■ What is needed
Each entry must appear in the answer exactly as written.

Stored data entries

============================================================

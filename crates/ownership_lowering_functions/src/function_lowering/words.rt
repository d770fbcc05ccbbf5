//! Loads, stores and places that are destroyed.

ghost use Rattle.std.specs.Prelude.{◌≡◌, ◌++◌, ◌∷◌, [], OnOk};
ghost use Rattle.sil_types.specs.Typing.FormRules as forms;
ghost use Rattle.std.specs.List.{flat_map};
ghost use Rattle.ownership_lowering_model.specs.LoweredInsts as insts;
ghost use Rattle.ownership_lowering_functions.specs.FunctionLowering.inner.Drafts.{told, told_insts};

use crate::function_lowering::counts::{add_retains_loaded, release, type_at};
use crate::function_lowering::draft::Draft;
use instruction_table::Op;
use sil_ast::{Exhausted, Inst, List, Operand, Qualifier, ValueId};
use sil_types::shapes::{is_storage, target};
use sil_types::{TypeTable, written};

/// The same instruction, without a word.
fn plain(inst: &Inst, op: Op) -> Draft<'_>
    ensures { told result ≡ record inst.now { op = op; qualifier = Qualifier.Plain } }
{
    Draft::Kept {
        inst,
        op,
        qualifier: Qualifier::Plain,
    }
}

/// Adds what becomes of a `load` or a `load_borrow`.
pub(crate) fn add_load<'a>(
    table: &TypeTable,
    inst: &'a Inst,
    drafts: &mut List<Draft<'a>>,
) -> Result<(), Exhausted>
    ensures { OnOk result ((spare : ValueId) → told_insts drafts.new ≡ told_insts drafts.old ++ insts.loads_by table.now spare inst.now.qualifier inst.now) }
{
    drafts.push(plain(inst, Op::Load))?;
    match inst.qualifier {
        Qualifier::Copy => match inst.operands.get(0) {
            Some(place) => add_retains_loaded(table, place, inst.results.as_slice(), drafts),
            None => Ok(()),
        },
        Qualifier::Plain
        | Qualifier::Take
        | Qualifier::Trivial
        | Qualifier::Init
        | Qualifier::Assign => Ok(()),
    }
}

/// Adds the release of what a place held before.
fn add_release_of_old<'a>(
    table: &TypeTable,
    spare: ValueId,
    place: &'a Operand,
    drafts: &mut List<Draft<'a>>,
) -> Result<(), Exhausted>
    ensures { OnOk result (told_insts drafts.new ≡ told_insts drafts.old ++ insts.releases_spare table.now spare place.now ∷ []) }
{
    drafts.push(release(table, spare, type_at(place)))
}

/// Adds what becomes of a `store [assign]` to a place: the new value is there before the old one is released.
fn add_assign<'a>(
    table: &TypeTable,
    spare: ValueId,
    inst: &'a Inst,
    to: &'a Operand,
    drafts: &mut List<Draft<'a>>,
) -> Result<(), Exhausted>
    ensures { OnOk result (told_insts drafts.new ≡ told_insts drafts.old ++ insts.assigns table.now spare inst.now to.now) }
{
    drafts.push(Draft::Loaded {
        place: to,
        result: spare,
    })?;
    drafts.push(plain(inst, inst.op))?;
    add_release_of_old(table, spare, to, drafts)
}

/// Adds what becomes of a `store`.
pub(crate) fn add_store<'a>(
    table: &TypeTable,
    spare: ValueId,
    inst: &'a Inst,
    drafts: &mut List<Draft<'a>>,
) -> Result<(), Exhausted>
    ensures { OnOk result (told_insts drafts.new ≡ told_insts drafts.old ++ insts.stores_by table.now spare inst.now.qualifier inst.now) }
{
    match inst.qualifier {
        Qualifier::Assign => match inst.operands.get(1) {
            Some(place) => add_assign(table, spare, inst, place, drafts),
            None => Ok(()),
        },
        Qualifier::Plain
        | Qualifier::Copy
        | Qualifier::Take
        | Qualifier::Trivial
        | Qualifier::Init => drafts.push(plain(inst, inst.op)),
    }
}

/// Whether the first operand is the address of weak or unowned storage.
fn is_at_storage(inst: &Inst) -> bool
    ensures { result ≡ forms.is_at_storage inst.now }
{
    match written(inst, 0) {
        Some(ty) => match target(ty) {
            Some(inner) => is_storage(inner),
            None => false,
        },
        None => false,
    }
}

/// Adds a load of what each of some places holds, and its release.
fn add_emptied<'a>(
    table: &TypeTable,
    spare: ValueId,
    places: &'a [Operand],
    drafts: &mut List<Draft<'a>>,
) -> Result<(), Exhausted>
    ensures { OnOk result (told_insts drafts.new ≡ told_insts drafts.old ++ flat_map (insts.releases_at table.now spare) places.now) }
{
    for place in places {
        drafts.push(Draft::Loaded {
            place,
            result: spare,
        })?;
        add_release_of_old(table, spare, place, drafts)?;
    }
    Ok(())
}

/// Adds what becomes of a `destroy_addr`.
pub(crate) fn add_destroy<'a>(
    table: &TypeTable,
    spare: ValueId,
    inst: &'a Inst,
    drafts: &mut List<Draft<'a>>,
) -> Result<(), Exhausted>
    ensures { OnOk result (told_insts drafts.new ≡ told_insts drafts.old ++ insts.destroys_by table.now spare (forms.is_at_storage inst.now) inst.now) }
{
    if is_at_storage(inst) {
        drafts.push(Draft::Kept {
            inst,
            op: inst.op,
            qualifier: inst.qualifier,
        })
    } else {
        add_emptied(table, spare, inst.operands.as_slice(), drafts)
    }
}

============================================================

■ Answer for the task
filename crates/ownership_lowering_functions/src/function_lowering/words.rt
repository d770fbcc05ccbbf5
//! Loads, stores and places that are destroyed.

ghost use Rattle.std.specs.Prelude.{◌≡◌, ◌++◌, ◌∷◌, [], OnOk};
ghost use Rattle.sil_types.specs.Typing.FormRules as forms;
ghost use Rattle.std.specs.List.{flat_map};
ghost use Rattle.ownership_lowering_model.specs.LoweredInsts as insts;
ghost use Rattle.ownership_lowering_functions.specs.FunctionLowering.inner.Drafts.{told, told_insts};

use crate::function_lowering::counts::{add_retains_loaded, release, type_at};
use crate::function_lowering::draft::Draft;
use instruction_table::Op;
use sil_ast::{Exhausted, Inst, List, Operand, Qualifier, ValueId};
use sil_types::shapes::{is_storage, target};
use sil_types::{TypeTable, written};

/// The same instruction, without a word.
fn plain(inst: &Inst, op: Op) -> Draft<'_>
    ensures { told result ≡ record inst.now { op = op; qualifier = Qualifier.Plain } }
{
    Draft::Kept {
        inst,
        op,
        qualifier: Qualifier::Plain,
    }
}

/// Adds what becomes of a `load` or a `load_borrow`.
pub(crate) fn add_load<'a>(
    table: &TypeTable,
    inst: &'a Inst,
    drafts: &mut List<Draft<'a>>,
) -> Result<(), Exhausted>
    ensures { OnOk result ((spare : ValueId) → told_insts drafts.new ≡ told_insts drafts.old ++ insts.loads_by table.now spare inst.now.qualifier inst.now) }
{
    drafts.push(plain(inst, Op::Load))?;
    match inst.qualifier {
        Qualifier::Copy => match inst.operands.get(0) {
            Some(place) => add_retains_loaded(table, place, inst.results.as_slice(), drafts),
            None => Ok(()),
        },
        Qualifier::Plain
        | Qualifier::Take
        | Qualifier::Trivial
        | Qualifier::Init
        | Qualifier::Assign => Ok(()),
    }
}

/// Adds the release of what a place held before.
fn add_release_of_old<'a>(
    table: &TypeTable,
    spare: ValueId,
    place: &'a Operand,
    drafts: &mut List<Draft<'a>>,
) -> Result<(), Exhausted>
    ensures { OnOk result (told_insts drafts.new ≡ told_insts drafts.old ++ insts.releases_spare table.now spare place.now ∷ []) }
{
    drafts.push(release(table, spare, type_at(place)))
}

/// Adds what becomes of a `store [assign]` to a place: the new value is there before the old one is released.
fn add_assign<'a>(
    table: &TypeTable,
    spare: ValueId,
    inst: &'a Inst,
    to: &'a Operand,
    drafts: &mut List<Draft<'a>>,
) -> Result<(), Exhausted>
    ensures { OnOk result (told_insts drafts.new ≡ told_insts drafts.old ++ insts.assigns table.now spare inst.now to.now) }
{
    drafts.push(Draft::Loaded {
        place: to,
        result: spare,
    })?;
    drafts.push(plain(inst, inst.op))?;
    add_release_of_old(table, spare, to, drafts)
}

/// Adds what becomes of a `store`.
pub(crate) fn add_store<'a>(
    table: &TypeTable,
    spare: ValueId,
    inst: &'a Inst,
    drafts: &mut List<Draft<'a>>,
) -> Result<(), Exhausted>
    ensures { OnOk result (told_insts drafts.new ≡ told_insts drafts.old ++ insts.stores_by table.now spare inst.now.qualifier inst.now) }
{
    match inst.qualifier {
        Qualifier::Assign => match inst.operands.get(1) {
            Some(place) => add_assign(table, spare, inst, place, drafts),
            None => Ok(()),
        },
        Qualifier::Plain
        | Qualifier::Copy
        | Qualifier::Take
        | Qualifier::Trivial
        | Qualifier::Init => drafts.push(plain(inst, inst.op)),
    }
}

/// Whether the first operand is the address of weak or unowned storage.
fn is_at_storage(inst: &Inst) -> bool
    ensures { result ≡ forms.is_at_storage inst.now }
{
    match written(inst, 0) {
        Some(ty) => match target(ty) {
            Some(inner) => is_storage(inner),
            None => false,
        },
        None => false,
    }
}

/// Adds a load of what each of some places holds, and its release.
fn add_emptied<'a>(
    table: &TypeTable,
    spare: ValueId,
    places: &'a [Operand],
    drafts: &mut List<Draft<'a>>,
) -> Result<(), Exhausted>
    ensures { OnOk result (told_insts drafts.new ≡ told_insts drafts.old ++ flat_map (insts.releases_at table.now spare) places.now) }
{
    for place in places {
        drafts.push(Draft::Loaded {
            place,
            result: spare,
        })?;
        add_release_of_old(table, spare, place, drafts)?;
    }
    Ok(())
}

/// Adds what becomes of a `destroy_addr`.
pub(crate) fn add_destroy<'a>(
    table: &TypeTable,
    spare: ValueId,
    inst: &'a Inst,
    drafts: &mut List<Draft<'a>>,
) -> Result<(), Exhausted>
    ensures { OnOk result (told_insts drafts.new ≡ told_insts drafts.old ++ insts.destroys_by table.now spare (forms.is_at_storage inst.now) inst.now) }
{
    if is_at_storage(inst) {
        drafts.push(Draft::Kept {
            inst,
            op: inst.op,
            qualifier: inst.qualifier,
        })
    } else {
        add_emptied(table, spare, inst.operands.as_slice(), drafts)
    }
}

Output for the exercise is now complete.